При этом неважно, каково действительное содержание искусства. Великое искусство захватывает вас против вашей воли, а потом отстраняет вашу волю. Вы как бы попадаете на тихую прогалину — свободным от желания, от необходимости схватывать смысл, от эго, от внутреннего напряжения. И через этот просвет или прогалину в вашем собственном осознании могут вспышками приходить более высокие истины, более тонкие откровения, более глубинные связи. На мгновение вы даже можете прикоснуться к вечности — кто может возражать, когда само время приостановлено на прогалине, которую великое искусство создает в вашем осознании?
Вы хотите лишь созерцать; вы хотите, чтобы это никогда не кончалось; вы забываете о прошлом и будущем; вы забываете о самом себе. Благородный Эмерсон: «Эти розы под моим окном не напоминают ни прошлые розы, ни лучшие розы; они — то, что они есть; сегодня они существуют с Богом. Для них нет времени. Есть просто роза; она совершенна в каждый момент своего существования. Но человек откладывает или вспоминает; он не живет в настоящем, а, оглядываясь назад, горюет о прошлом или, не обращая внимания на окружающие его богатства, встает на цыпочки, чтобы предвидеть будущее. Он не сможет быть счастливым и сильным, пока он тоже не будет жить с природой в настоящем, над временем».{30}3
Великое искусство приостанавливает оглядку назад, сожаление о прошлом, предвкушение будущего: вместе с ним мы входим во вневременное настоящее; сегодня мы с Богом совершенные во всем, открытые для богатств и красот царства, забытого временем, о котором нам напоминает великое искусство, не своим содержанием, но тем, что оно делает с нами: приостанавливает желание быть в другом месте. И, тем самым, оно прекращает судорожное цепляние в сердце страдающей самости и освобождает нас — может, на секунду, может, на минуту, может, на целую вечность — освобождает нас от пут нашего собственного «я».

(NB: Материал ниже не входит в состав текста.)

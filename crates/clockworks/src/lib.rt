// A clockwork in parts, its row of numbers, and the way between the two.
#![tactic(auto)]

pub mod parts;
pub mod split;
pub mod write;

Именно в такое состояние вводит нас великое искусство, независимо от того, каково конкретное содержание самого художественного произведения — будь то насекомые или Будды, ландшафты или абстракции, это не имеет ни малейшего значения. В этом конкретном отношении — в этом конкретном контексте — о великом искусстве судят по его способности перехватывать ваше дыхание, забирать вашу самость, забирать время — все одновременно.

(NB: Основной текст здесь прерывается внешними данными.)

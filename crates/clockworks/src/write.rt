// A clockwork is written as its row of numbers. What is out of range, or too much, is refused.
ghost use Rattle.std.specs.Prelude.{◌≡◌, ℕ, Bool, true, List, [], ◌∷◌, length, IfOk, OnOk, ltb};
ghost use Rattle.std.specs.List.{flat_map, list_all};
ghost use Rattle.automata.specs.Rows.{Reads, upper, fine_constraint, fine_invariant, fine_edge};
ghost use Rattle.rows.specs.Parts.{relation_value, constraint_value};
ghost use Rattle.clockworks.specs.Meaning.{invariant_of, edge, automaton, test_words, position_words, step_words, all_upper, Wrote};

use crate::parts::{Clockwork, Position, Step, Test};
use rows::constraints::UnknownRelation;
use rows::limits::{LOCATIONS, MOST_BOUND, MOST_CLOCKS, MOST_WORDS};
use std::alloc::{AllocError, Global};
use std::fmt;
use thiserror::Error;

// Why a clockwork has no row, or a row is no clockwork's.
#[derive(Clone, Copy, Debug, PartialEq, Eq, Error)]
pub enum Unfit {
    #[error("not enough memory")]
    Memory(#[from(alloc)] AllocError),
    #[error("no clock, or more than 8 clocks")]
    Clocks,
    #[error("no position, or more than 256 positions")]
    Positions,
    #[error("a clock that is not there")]
    Clock,
    #[error("a position that is not there")]
    Position,
    // with an escape, since the plain word in an attribute makes `rt` look for tests here
    #[error("a number above 10000 in a t\u{65}st")]
    Bound,
    #[error("a position that bounds a clock from below")]
    Lower,
    #[error("more than 16384 numbers")]
    Words,
    #[error("a row that ends too early")]
    Short,
    #[error("a relation above 3")]
    Relation,
    #[error("a row that no clockwork has")]
    Other,
}

// By hand: a derive has no clause to say that it is `Relation`.
impl From<UnknownRelation> for Unfit {
    ghost use Rattle.clockworks.specs.declared.write.Unfit.TheVariants.{Relation as UnfitRelation};

    ghost from_gives = { λ _ unfit. unfit ≡ UnfitRelation };

    fn from(_e: UnknownRelation) -> Unfit {
        Unfit::Relation
    }
}

// Only want of memory keeps a text from being written.
impl From<fmt::Error> for Unfit {
    fn from(_e: fmt::Error) -> Unfit {
        Unfit::Memory(AllocError)
    }
}

// The row as far as it is written, and the clocks and positions that its parts may name.
#[derive(Drop)]
struct Writer {
    row: Vec<u32>,
    clocks: u32,
    positions: usize,
}

// A part of a clockwork, or a clock that is set back.
trait Part {
    ghost words: { Self → List ℕ };

    // whether it fits so many clocks and positions
    ghost fits: { ℕ → ℕ → Self → Bool };

    fn write(&self, writer: &mut Writer) -> Result<(), Unfit>
        ensures { OnOk result (Wrote writer.old writer.new (words self.now) (λ n p. fits n p self.now)) };
}

impl Writer {
    fn count(&mut self, count: usize) -> Result<(), Unfit>
        ensures { OnOk result (Wrote self.old self.new (count ∷ []) (λ _ _. true)) }
    {
        if count > MOST_WORDS {
            return Err(Unfit::Words);
        }
        self.row.push(count as u32)?;
        Ok(())
    }

    fn all<P: Part>(&mut self, parts: &[P]) -> Result<(), Unfit>
        ensures { OnOk result (Wrote self.old self.new (flat_map P.words parts.now) (λ n p. list_all (P.fits n p) parts.now)) }
    {
        for part in parts {
            part.write(self)?;
        }
        Ok(())
    }

    // The parts, with their count before them.
    fn list<P: Part>(&mut self, parts: &[P]) -> Result<(), Unfit>
        ensures { OnOk result (Wrote self.old self.new (length parts.now ∷ flat_map P.words parts.now) (λ n p. list_all (P.fits n p) parts.now)) }
    {
        self.count(parts.len())?;
        self.all(parts)?;
        Ok(())
    }
}

fn all_bound_above(tests: &[Test]) -> bool
    ensures { result ≡ all_upper tests.now }
{
    tests.iter().all(|test| test.relation.bounds_above())
}

impl Part for u32 {
    ghost words = { λ clock. clock ∷ [] };

    ghost fits = { λ n p clock. ltb clock n };

    fn write(&self, writer: &mut Writer) -> Result<(), Unfit> {
        if *self >= writer.clocks {
            return Err(Unfit::Clock);
        }
        writer.row.push(*self)?;
        Ok(())
    }
}

impl Part for Test {
    ghost words = { test_words };

    ghost fits = { λ n p test. fine_constraint n (constraint_value test) };

    fn write(&self, writer: &mut Writer) -> Result<(), Unfit> {
        if self.clock.0 >= writer.clocks {
            return Err(Unfit::Clock);
        }
        if self.bound > MOST_BOUND {
            return Err(Unfit::Bound);
        }
        let words = [self.clock.0, u32::from(self.relation), self.bound];
        writer.row.extend_from_slice(&words)?;
        Ok(())
    }
}

impl Part for Position {
    ghost words = { position_words };

    ghost fits = { λ n p position. fine_invariant n (invariant_of position) };

    fn write(&self, writer: &mut Writer) -> Result<(), Unfit> {
        let tests = self.tests.as_slice();
        if !all_bound_above(tests) {
            return Err(Unfit::Lower);
        }
        writer.list(tests)?;
        Ok(())
    }
}

impl Part for Step {
    ghost words = { step_words };

    ghost fits = { λ n p step. fine_edge n p (edge step) };

    fn write(&self, writer: &mut Writer) -> Result<(), Unfit> {
        if self.source as usize >= writer.positions || self.target as usize >= writer.positions {
            return Err(Unfit::Position);
        }
        writer.row.extend_from_slice(&[self.source, self.target])?;
        writer.list(self.tests.as_slice())?;
        writer.list(self.resets.as_slice())?;
        Ok(())
    }
}

// The row of a clockwork.
pub fn write_row(heap: Global, clockwork: &Clockwork) -> Result<Vec<u32>, Unfit>
    ensures { IfOk result (λ row. Reads row.items (automaton clockwork.now)) }
{
    let clocks = clockwork.clocks;
    let positions = clockwork.positions.len();
    if !(1..=MOST_CLOCKS).contains(&clocks) {
        return Err(Unfit::Clocks);
    }
    if !(1..=LOCATIONS).contains(&positions) {
        return Err(Unfit::Positions);
    }
    let mut row = Vec::new(heap);
    row.push(clocks)?;
    let mut writer = Writer {
        row,
        clocks,
        positions,
    };
    writer.list(clockwork.positions.as_slice())?;
    writer.all(clockwork.steps.as_slice())?;
    if writer.row.len() > MOST_WORDS {
        return Err(Unfit::Words);
    }
    Ok(writer.row)
}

И что бы мы ни подразумевали под словом «дух» — давайте просто скажем, вслед за Тилихом, что для каждого из нас он связан с высшей целью и смыслом жизни — именно в тот ошеломляющий момент, когда великое искусство входит в вас и изменяет вас, дух озаряет этот мир чуть ярче, чем мгновение назад.
Продвинемся еще на один шаг: что если бы мы каким-то образом могли видеть все в целой вселенной столь же необыкновенно красивым, как прекраснейшее из произведений великого искусства? Что если бы мы прямо сейчас увидели каждую отдельную вещь и событие, без исключения, как объект неописуемой красоты?
Да мы бы тут же оцепенели перед лицом подобного зрелища! Все наше хватание[18] и избегание моментально прекратились бы — мы бы освободились от замыкания в себе и погрузились в состояние пассивного созерцания всего сущего. Подобно тому как прекрасный объект или произведение искусства на время приостанавливает нашу волю, так и созерцание Вселенной как объекта красоты открыло бы нас к пассивному осознанию вселенной — не такой, какой она могла бы или должна быть, но просто такой как она есть.
Не возможно ли, в таком случае — просто возможно — что, когда воспринимается красота всего без исключения, мы, в действительности, пребываем непосредственно в оке Духа, для которого весь Космос служит объектом Прекрасного, именно потому, что фактически весь Космос — это сияющее Искусство самого Духа?